Let’s assume that we want to restore some indices and we are running our cluster in example.com domain. Here you can see the steps below to achieve this:

1) Close the index:

$ curl -XPOST https://example.com/test/_close?pretty{
"acknowledged": true,
"shards_acknowledged": true,
"indices": {
"test": {
"closed": true
}
}
}

Please note that if you have more than one existing index in your cluster, you should also close them.

2) List all repositories that contain snapshots:

$ curl -XGET https://example.com/_snapshot?pretty{
"cs-automated": {
"type": "s3"
}
}

AWS documentation states that most automated snapshots are stored in the cs-automated repository. If a domain encrypts data at rest, they're stored in the cs-automated-enc repository.
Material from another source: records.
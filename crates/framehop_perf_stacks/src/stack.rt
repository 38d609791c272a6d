//! The walk of a sample.
ghost use Rattle.std.specs.Prelude.{◌≡◌, IfOk};
ghost use Rattle.framehop.specs.Modules.{UnwinderView};
ghost use Rattle.framehop.specs.Soundness.{AreApart};
ghost use Rattle.framehop_frames.specs.Notes.{option_noted};
ghost use Rattle.framehop_frames.specs.Stack.{option_stack_view};
ghost use Rattle.framehop_perf_stacks.specs.Samples.{sampled_from, noted_sample};

use crate::machine::Sampled;
use framehop::walk::StackBytes;
use framehop_backtrace::{OrElse, RowRoom};
use framehop_cfi::storage::StoreOnStack;
use framehop_frames::machine::Start;
use framehop_frames::memory::MappedMemory;
use framehop_frames::rows::DebugFrames;
use framehop_frames::stack::Stack;
use framehop_frames::walk::walk_stack;
use framehop_processes::Process;
use framehop_processes::files::Files;
use std::alloc::{AllocError, Global};

/// Walks the stack of a sample of a process by at most `limit` frames, from the registers with which a walk begins, over
/// what was copied from the stack pointer on. Returns `None` where the sample has not these registers.
pub(crate) fn walk_sample<U: Sampled>(
    alloc: Global,
    files: &Files,
    process: &Process<U>,
    room: &mut RowRoom<StoreOnStack>,
    cache: &mut U::Cache,
    start: Option<Start<U::UnwindRegs>>,
    copied: &[u8],
    limit: u32,
) -> Result<Option<Stack<U::UnwindRegs>>, AllocError>
    ensures stays_sound { (other : UnwinderView) → AreApart process.now.unwinder other
        → U.is_sound other cache.old → U.is_sound other cache.new }
    ensures walked { U.is_sound process.now.unwinder cache.old → IfOk result (λ walked. option_stack_view walked
        ≡ sampled_from U.walker limit files.now process.now.mappings process.now.unwinder.modules copied.now start) }
    ensures noted { U.is_sound process.now.unwinder cache.old → IfOk result (λ walked. option_noted walked
        ≡ noted_sample U.walker limit files.now process.now.mappings process.now.unwinder.modules copied.now start) }
{
    let unwinder = process.unwinder();
    let Some(start) = start else {
        return Ok(None);
    };
    let known = StackBytes {
        base: start.sp,
        bytes: copied,
    };
    let memory = MappedMemory {
        known: &known,
        files,
        process,
    };
    let rows = OrElse {
        first: unwinder,
        second: &DebugFrames { files, process },
    };
    let stack = walk_stack(alloc, unwinder, &rows, room, cache, &memory, start, limit)?;
    Ok(Some(stack))
}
Therefore, we will use the cs-automated repository since we only have automated snapshots and we are not using encryption at rest.
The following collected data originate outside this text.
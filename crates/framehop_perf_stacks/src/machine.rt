//! What differs by the architecture of a recording.
ghost use Rattle.std.specs.Prelude.{◌≡◌, ℕ, List, Option};
ghost use Rattle.framehop.specs.Modules.{ModuleView, greatest_end as greatest_end_of};
ghost use Rattle.framehop_frames.specs.declared.machine.Start.{Start};
ghost use Rattle.framehop_perf_stacks.specs.Start.{general_values};

use framehop::aarch64::{UnwindRegsAarch64, UnwinderAarch64};
use framehop::cache::MustNotAllocateDuringUnwind;
use framehop::section::SectionBytes;
use framehop::x86_64::{UnwindRegsX86_64, UnwinderX86_64};
use framehop_core::aarch64::PtrAuthMask;
use framehop_frames::machine::{Start, Steps};
use framehop_frames::start::{aarch64_start, x86_64_start};
use framehop_recording::registers::{aarch64_registers, x86_64_registers};

/// The bits of x0 to x28.
const GENERAL: u64 = 0x1fff_ffff;

/// An unwinder for the samples of its architecture.
pub trait Sampled: Steps {
    // the registers of a sample, by the modules of its process
    ghost starts: { List ModuleView → ℕ → List ℕ → Option (Start Self.UnwindRegs) → Type 0 };

    /// Returns the registers of a sample, by the greatest end of a module of its process (AVMA), from the mask of those
    /// that were recorded and their values.
    fn start(greatest_end: u64, mask: u64, values: &[u8]) -> Option<Start<Self::UnwindRegs>>
        ensures { (modules : List ModuleView) → greatest_end_of modules ≡ greatest_end → starts modules mask values.now result };
}

impl<D: SectionBytes + Drop> Sampled for UnwinderX86_64<D, MustNotAllocateDuringUnwind> {
    ghost use Rattle.framehop_perf_stacks.specs.Start.{StartsX86_64};

    ghost starts = { StartsX86_64 };

    fn start(_greatest_end: u64, mask: u64, values: &[u8]) -> Option<Start<UnwindRegsX86_64>> {
        Some(x86_64_start(x86_64_registers(mask, values)?))
    }
}

impl<D: SectionBytes + Drop> Sampled for UnwinderAarch64<D, MustNotAllocateDuringUnwind> {
    ghost use Rattle.framehop_perf_stacks.specs.Start.{StartsAarch64};

    ghost starts = { StartsAarch64 };

    fn start(greatest_end: u64, mask: u64, values: &[u8]) -> Option<Start<UnwindRegsAarch64>> {
        let known = PtrAuthMask::from_max_known_address(greatest_end);
        let (pc, regs) = aarch64_registers(known, mask, values)?;
        Some(aarch64_start(pc, regs, general_values(mask, values)))
    }
}

/// Returns the values of x0 to x28, which come first, if all of them were recorded.
///
/// Source: Linux, `arch/arm64/include/uapi/asm/perf_regs.h`, `perf_event_arm_regs`.
fn general_values(mask: u64, values: &[u8]) -> &[u8]
    ensures { result.now ≡ general_values mask values.now }
{
    if mask & GENERAL == GENERAL {
        values
    } else {
        &[]
    }
}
3) List all snapshots and decide which one to restore:

We need to pick the snapshot name by checking the snapshot field in the JSON response.

$ curl -XGET https://example.com/_snapshot/cs-automated/_all?pretty{
"snapshots" : [ {
"snapshot" : "2022-02-21t13-34-32.15a0d6h1-1a44-3453-b088-453vec95fd88",
"uuid" : "...",
"version_id" : ...,
"version" : "...",
"indices" : [ "filebeat-7.6.1-container-2022.02.18", ...],
"data_streams" : [ ],
"include_global_state" : true,
"state" : "SUCCESS",
"start_time" : "2022-02-21T13:34:32.587Z",
"start_time_in_millis" : 1645450472000,
"end_time" : "2022-02-21T13:35:29.639Z",
"end_time_in_millis" : 1645450529000,
"duration_in_millis" : 49052,
"failures" : [ ],
"shards" : {
"total" : 153,
"failed" : 0,
"successful" : 153
}
},
....
....
....
....
]
}

In this case, let’s say we decided to use the snapshot with the name 2022–02–21t13–34–32.15a0d6h1–1a44–3453-b088–453vec95fd88

4) Restore the cluster from the selected snapshot :

$ curl -XPOST https://example.com/_snapshot/cs-automated/2022–02–21t13–34–32.15a0d6h1–1a44–3453-b088–453vec95fd88/_restore

5) Monitor the recovery process by executing the following:

$ curl -XGET https://example.com_cat/recovery?vindex shard  stage  files_percent bytes_percent ...
test 0 done 100.0% 100.0%
test 1 done 100.0% 100.0%
test 2 done 100.0% 100.0%
test 3 done 100.0% 100.0%
test 4 done 100.0% 100.0%

6) When the restore operation is completed successfully, open the closed index/indices:

$ curl -XPOST https://example.com/test/_open?pretty{
"acknowledged" : true,
"shards_acknowledged" : true
}

We see that we can able to restore some indexes using automated snapshots which is great. On the other hand, to mitigate and reduce the probability of the data loss on hardware fail incidents happening in the future, AWS recommends in priority to increase the availability of your Opensearch domain by increasing the number of nodes and using at least one replica for each shard.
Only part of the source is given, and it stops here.